Definition Suppose $A=(a_{ij})$ and $B=(b_{ij})$ are two $n\times m$-matrices with entries in some field. Then their Hadamard product is the entry-wise product of $A$ and $B$, that is, the $n\times m$-matrix $A\circ B$ whose $(i,j)$th entry is $a_{ij}b_{ij}$.

## Properties

Suppose $A,B,C$ are matrices of the same size and $\lambda$ is a scalar.
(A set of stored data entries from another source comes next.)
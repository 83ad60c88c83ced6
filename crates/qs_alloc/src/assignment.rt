// Places for the temporaries of a function.
ghost use Rattle.std.specs.Prelude.{◌≡◌, ◌<◌, ◌^◌, length, IfOk};
ghost use Rattle.qs_tac.specs.Laws.{AreAccepted, ArePacked};
ghost use Rattle.qs_tac.specs.TreeOf.{function_tree, function_trees};
ghost use Rattle.qs_tac.specs.Places.{slots_from, all_slots, Accepted, Packed};
ghost use Rattle.qs_tac.specs.Places.{places_tree, places_trees};
ghost use Rattle.qs_tac.specs.UnitTrees.{unit_tree};
ghost use Rattle.qs_alloc.specs.LiveRanges.{NeededRows};
ghost use Rattle.qs_alloc.specs.Registers.{Chosen};
ghost use Rattle.qs_alloc.specs.Packing.{AllPacked};

use crate::lists::{numbered, turned};
use crate::live_ranges::needed_rows;
use crate::registers::fill;
use crate::rows::{Side, rows_of};
use qs_base::{NoMemory, count};
use qs_calls::Parameter;
use qs_tac::{Instruction, Place, Places, TacFunction, TacUnit};
use std::alloc::Global;

fn own_slots(alloc: Global, count: u32) -> Result<Vec<Place>, NoMemory>
    ensures { IfOk result (λ places. places.items ≡ slots_from 0 count) }
{
    let mut at = Vec::new(alloc);
    for slot in 0..count {
        at.push(Place::Slot(slot))?;
    }
    Ok(at)
}

/// A slot for each temporary, with the temporary's number, and an empty certificate.
pub fn all_slots(alloc: Global, f: &TacFunction) -> Result<Places, NoMemory>
    ensures { IfOk result (λ places. places_tree places ≡ all_slots (function_tree f.now)) }
{
    Ok(Places {
        at: own_slots(alloc, f.temporaries)?,
        needed: Vec::new(alloc),
    })
}

// registers as far as registers are free, and else the slots of `all_slots`
fn chosen(
    alloc: Global,
    parameters: &[Parameter],
    code: &[Instruction],
    temporaries: u32,
    rows: &[Vec<u32>],
) -> Result<Vec<Place>, NoMemory>
    requires room { length code.now < 2 ^ 32 }
    requires rows { NeededRows code.now temporaries rows.now }
    ensures { IfOk result (λ at. Chosen parameters.now code.now temporaries rows.now at.items) }
{
    let writers = rows_of(alloc, Side::Written, code, temporaries as usize)?;
    let mut at = own_slots(alloc, temporaries)?;
    let mut busy = vec![in alloc; 0_u32; code.len() + 1]?;
    fill(alloc, parameters, code, rows, &writers, &mut at, &mut busy)?;
    Ok(at)
}

/// Places that keep what the function does, chosen by where its temporaries are needed: `verify`
/// accepts them, the certificate is least, and no temporary stands in a slot while it could stand in
/// a register.
pub fn assign(alloc: Global, f: &TacFunction) -> Result<Places, NoMemory>
    ensures packed { IfOk result (λ places. Packed (function_tree f.now) (places_tree places)) }
    ensures accepted { IfOk result (λ places. Accepted (function_tree f.now) (places_tree places)) }
{
    let code = f.code.as_slice();
    count(code.len())?;
    let rows = needed_rows(alloc, code, f.temporaries)?;
    let at = chosen(alloc, &f.parameters, code, f.temporaries, &rows)?;
    Ok(Places {
        at: numbered(alloc, &at)?,
        needed: turned(alloc, &rows, code.len())?,
    })
}

fn assign_all(alloc: Global, functions: &[TacFunction]) -> Result<Vec<Places>, NoMemory>
    ensures { IfOk result (λ all. AllPacked (function_trees functions.now) (places_trees all.items)) }
{
    let mut all = Vec::new(alloc);
    for f in functions {
        all.push(assign(alloc, f)?)?;
    }
    Ok(all)
}

/// The places that `assign` answers for each function of the unit, by the functions' numbers.
/// `verify_unit` accepts them.
pub fn assign_unit(alloc: Global, unit: &TacUnit) -> Result<Vec<Places>, NoMemory>
    ensures packed { IfOk result (λ all. ArePacked (unit_tree unit.now) (places_trees all.items)) }
    ensures accepted { IfOk result (λ all. AreAccepted (unit_tree unit.now) (places_trees all.items)) }
    ensures count { IfOk result (λ all. length all.items ≡ length unit.now.functions.items) }
{
    let places = assign_all(alloc, &unit.functions)?;
    Ok(places)
}
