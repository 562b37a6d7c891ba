//! The firmware's version.

ghost use Rattle.std.specs.Prelude.{◌≡◌, ◌↔◌, ◌⊎◌, List, IsTrue, option_map};
ghost use Rattle.boot_log.specs.declared.header.DeclaredAlgorithm.{DeclaredAlgorithm};
ghost use Rattle.boot_log.specs.Names.{IsLog, LogEvent, log_bytes, log_event_of};
ghost use Rattle.event_data.specs.Names.{content_of};
ghost use Rattle.boot_answers.specs.FirmwareVersion.{IsFirmwareVersion, IsOfVersion, IsSeparatorData, IsVersion, TellsVersion};
ghost use Rattle.boot_answers.specs.parts.FirmwareVersion.{Agrees, AllAgree, TellsAny};

use crate::register_events::{RegisterEvents, answering_bank, is_whole};
use boot_log::{Event, LogView};
use event_data::{EventContent, event_content, read_separator};
use measured_data::{Pcr, is_answering};
use pcr_banks::Alg;

/// The register of the firmware's code.
const FIRMWARE_REGISTER: u32 = 0;

/// The type of an event with the firmware's version.
pub const EV_S_CRTM_VERSION: u32 = 0x0000_0008;

// Whether a separator has this value.
fn is_separator_value(value: u32) -> bool
    ensures { IsTrue result ↔ ((value ≡ 0) ⊎ ((value ≡ 1) ⊎ (value ≡ 0xffffffff))) }
{
    matches!(value, 0 | 1 | 0xFFFF_FFFF)
}

// Whether the bytes are a separator's.
fn is_separator_data(bytes: &[u8]) -> bool
    ensures { IsTrue result ↔ IsSeparatorData bytes.now }
{
    match read_separator(bytes) {
        Some(value) => is_separator_value(value),
        None => false,
    }
}

// The version that the event's data is.
fn version_by<'a>(event: &Event<'a>, alg: Alg) -> Option<EventContent<'a>>
    ensures { IsOfVersion (IsVersion alg (log_event_of event.now)) (option_map content_of result) }
{
    if !is_whole(event, alg) || is_separator_data(event.payload) {
        return None;
    }
    match event_content(EV_S_CRTM_VERSION, event.payload) {
        EventContent::Unknown(_) => None,
        content => Some(content),
    }
}

// What the bank tells.
fn version_in<'a>(log: &LogView<'a>, alg: Alg) -> Option<EventContent<'a>>
    ensures { (table : List DeclaredAlgorithm) (events : List LogEvent) → IsLog (log_bytes log.now) table events
        → IsOfVersion (TellsVersion alg events) (option_map content_of result) }
{
    match RegisterEvents::new(log, FIRMWARE_REGISTER).next_event() {
        Some(event) => version_by(&event, alg),
        None => None,
    }
}

// Whether the bank tells a version.
fn tells_any(log: &LogView<'_>, alg: Alg) -> bool
    ensures { (table : List DeclaredAlgorithm) (events : List LogEvent) → IsLog (log_bytes log.now) table events → (IsTrue result ↔ TellsAny alg events) }
{
    match version_in(log, alg) {
        Some(_) => true,
        None => false,
    }
}

// Whether the bank tells a version, if it answers.
fn agrees(log: &LogView<'_>, matched: &[Pcr], alg: Alg) -> bool
    ensures { (table : List DeclaredAlgorithm) (events : List LogEvent) → IsLog (log_bytes log.now) table events
        → (IsTrue result ↔ Agrees matched.now events alg) }
{
    if is_answering(matched, alg, FIRMWARE_REGISTER) {
        tells_any(log, alg)
    } else {
        true
    }
}

// Whether each bank that answers tells a version.
fn all_agree(log: &LogView<'_>, matched: &[Pcr]) -> bool
    ensures { (table : List DeclaredAlgorithm) (events : List LogEvent) → IsLog (log_bytes log.now) table events
        → (IsTrue result ↔ AllAgree matched.now events) }
{
    for alg in Alg::ALL {
        if !agrees(log, matched, alg) {
            return false;
        }
    }
    true
}

/// The firmware's version, by the log and the registers in `matched`, those that match: what the first event of register 0 says, a text, a
/// text in units of two bytes or a GUID; `None` where it is not known. The event's data must be measured whole in each bank other than SHA-1
/// whose register 0 matches, and there must be one. The event's type does not count.
pub fn firmware_version<'a>(log: &LogView<'a>, matched: &[Pcr]) -> Option<EventContent<'a>>
    ensures { (table : List DeclaredAlgorithm) (events : List LogEvent) → IsLog (log_bytes log.now) table events
        → IsOfVersion (IsFirmwareVersion matched.now events) (option_map content_of result) }
{
    let Some(alg) = answering_bank(matched, FIRMWARE_REGISTER) else {
        return None;
    };
    if all_agree(log, matched) {
        version_in(log, alg)
    } else {
        None
    }
}
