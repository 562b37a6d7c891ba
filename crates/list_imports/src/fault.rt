//! Why a list as text is refused.

ghost use Rattle.std.specs.Prelude.{◌≡◌};
ghost use Rattle.list_imports.specs.ListImportFaults.{list_import_fault_line, list_import_fault_number};
ghost use Rattle.list_imports.specs.declared.fault.Lack.TheVariants.{Memory};

use std::alloc::AllocError;
use thiserror::Error;

/// Why a list as text was refused: its first line, counted from 1, that is not the line of an entry whose template digest is valid,
/// or out of memory.
#[derive(Clone, Copy, Debug, PartialEq, Eq, Error)]
pub enum ListImportFault {
    /// 1: it is not a line that the kernel prints of an entry.
    #[error("line {line}: it is no line of a measurement list, as the kernel prints it")]
    Malformed { line: usize },
    /// 2: it has the name of none of the kernel's templates, so what it says is not known.
    #[error("line {line}: its template is none of the kernel's")]
    UnknownTemplate { line: usize },
    /// 3: it is the line of an entry whose template digest is not the SHA-1 of what it covers, and which is no violation.
    #[error("line {line}: its template digest is not the SHA-1 of what it covers, and it is no violation")]
    WrongDigest { line: usize },
    /// 4: it is longer than 1 MiB.
    #[error("line {line}: it is longer than 1,048,576 bytes")]
    TooLong { line: usize },
    /// 5: out of memory.
    #[error("out of memory")]
    Memory,
}

impl ListImportFault {
    /// The fault's number, from 1 to 5.
    pub fn number(self) -> u32
        ensures { result ≡ list_import_fault_number self }
    {
        match self {
            ListImportFault::Malformed { .. } => 1,
            ListImportFault::UnknownTemplate { .. } => 2,
            ListImportFault::WrongDigest { .. } => 3,
            ListImportFault::TooLong { .. } => 4,
            ListImportFault::Memory => 5,
        }
    }

    /// The number of the line that the fault names, if it names one. Lines count from 1.
    pub fn line(self) -> Option<usize>
        ensures { result ≡ list_import_fault_line self }
    {
        match self {
            ListImportFault::Malformed { line }
            | ListImportFault::UnknownTemplate { line }
            | ListImportFault::WrongDigest { line }
            | ListImportFault::TooLong { line } => Some(line),
            ListImportFault::Memory => None,
        }
    }
}

/// What bytes lack to begin with the line of an entry whose template digest is valid.
#[derive(Clone, Copy, Debug, PartialEq, Eq)]
pub(crate) enum Lack {
    /// They begin with no line, as far as is known.
    Form,
    /// They begin as a line with the name of an unknown template.
    Template,
    /// They begin with the line of an entry whose template digest does not match.
    Digest,
    /// Memory ran out.
    Memory,
}

impl From<AllocError> for Lack {
    ghost from_gives = { λ _ lack. lack ≡ Memory };

    fn from(_refused: AllocError) -> Lack {
        Lack::Memory
    }
}
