//! Events by which the firmware starts a boot: the variables that say what it was to start, separators, and the images that it started.

ghost use Rattle.std.specs.Prelude.{◌↔◌, IsTrue, ◌≡◌, ◌⊎◌, ℕ, List, Some, IfSome, IfNone};
ghost use Rattle.pcr_banks.specs.Names.{digest_for};
ghost use Rattle.event_data.specs.Names.{IsSeparator, IsText, VariableData, variable_of};
ghost use Rattle.boot_log.specs.Names.{log_event_of};
ghost use Rattle.boot_answers.specs.Separators.{HasDigestOf, MayBeSeparator};
ghost use Rattle.boot_answers.specs.Images.{IsNoImage, MayBeImage};
ghost use Rattle.boot_answers.specs.BootVariables.{IsBootVariable, IsMeasuredVariable};

use crate::register_events::is_whole;
use boot_log::Event;
use event_data::{Variable, read_separator, read_text, read_variable};
use measured_data::{Part, is_measured};
use pcr_banks::{Alg, Digest, hash};

// Whether the event's digest is that of the separator with this value.
fn has_digest_of(event: &Event<'_>, alg: Alg, value: u32) -> bool
    ensures { IsTrue result ↔ HasDigestOf alg (log_event_of event.now) value }
{
    match event.digests.get(alg) {
        Some(digest) => digest.bytes() == hash(alg, &value.to_le_bytes()).bytes(),
        None => false,
    }
}

/// Whether the event may be a separator: it has the digest of one in the algorithm's bank. In register 1 it may be a BootOrder as well, of
/// 0001 and 0000 or of 0000 twice, whose value has the bytes of a separator. So what comes after it is unknown, not absent.
pub fn may_be_separator(event: &Event<'_>, alg: Alg) -> bool
    ensures { IsTrue result ↔ MayBeSeparator alg (log_event_of event.now) }
{
    has_digest_of(event, alg, 0)
        || has_digest_of(event, alg, 0xFFFF_FFFF)
        || has_digest_of(event, alg, 1)
}

/// The register of the images that the firmware starts.
pub const IMAGE_REGISTER: u32 = 4;

// Whether the bytes are a separator or a text.
fn is_separator_or_text(bytes: &[u8]) -> bool
    ensures { IsTrue result ↔ (((value : ℕ) × IsSeparator bytes.now value) ⊎ ((text : List ℕ) × IsText bytes.now text)) }
{
    read_separator(bytes).is_some() || read_text(bytes).is_some()
}

// Whether the event's data is measured whole, and is a separator or a text.
fn is_no_image(event: &Event<'_>, alg: Alg) -> bool
    ensures { IsTrue result ↔ IsNoImage alg (log_event_of event.now) }
{
    is_whole(event, alg) && is_separator_or_text(event.payload)
}

/// Whether the event may be an image that the firmware started, by the algorithm's bank: it is extended into register 4, and is not measured
/// whole as a separator or a text, as actions are. Where register 4 matches in this bank and the firmware extends it, each
/// image is such an event.
pub fn may_be_image(event: &Event<'_>, alg: Alg) -> bool
    ensures { IsTrue result ↔ MayBeImage alg (log_event_of event.now) }
{
    event.is_extended_into(IMAGE_REGISTER) && !is_no_image(event, alg)
}

/// The digest of the image that the event may be, in the algorithm's bank: its Authenticode hash, if the firmware follows its specification.
/// `None` where the event is none, or has no digest in this bank. What the event's data says of the image is claimed, also its path.
pub fn image_digest(event: &Event<'_>, alg: Alg) -> Option<Digest>
    ensures found { IfSome result (λ digest. MayBeImage alg (log_event_of event.now) × (digest_for event.now.digests alg ≡ Some digest)) }
    ensures none { IfNone result (MayBeImage alg (log_event_of event.now) → (digest : Digest)
        → digest_for event.now.digests alg ≡ Some digest → ⊥) }
{
    if may_be_image(event, alg) {
        event.digests.get(alg)
    } else {
        None
    }
}

// Whether all of the event's data is measured, or its value.
fn is_measured_variable(event: &Event<'_>, alg: Alg) -> bool
    ensures { IsTrue result ↔ IsMeasuredVariable alg (log_event_of event.now) }
{
    is_measured(event, alg, Part::Whole) || is_measured(event, alg, Part::Value)
}

/// The variable that the event's data is, in the algorithm's bank, where it is measured whole or its value is; `None` where it is none. To be
/// asked of the events of [`crate::RegisterEvents`] in [`measured_data::SETTINGS_REGISTER`], up to the first that may be a separator in a bank
/// that answers ([`crate::may_be_separator`]), and in each bank that answers.
/// Vendor and name are always claimed: root can set a variable to the bytes of another one, and show these as all of an event's data.
pub fn boot_variable<'a>(event: &Event<'a>, alg: Alg) -> Option<Variable<'a>>
    ensures found { IfSome result (λ variable. IsBootVariable alg (log_event_of event.now) (variable_of variable)) }
    ensures none { IfNone result ((variable : VariableData) → IsBootVariable alg (log_event_of event.now) variable → ⊥) }
{
    if is_measured_variable(event, alg) {
        read_variable(event.payload)
    } else {
        None
    }
}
Then

 $\displaystyle A\circ B$ $\displaystyle=$ $\displaystyle B\circ A,$ $\displaystyle A\circ(B+C)$ $\displaystyle=$ $\displaystyle A\circ B+A\circ C,$ $\displaystyle A\circ(\lambda B)$ $\displaystyle=$ $\displaystyle\lambda(A\circ B),$
• If $A,B$ are diagonal matrices, then $A\circ B=AB$.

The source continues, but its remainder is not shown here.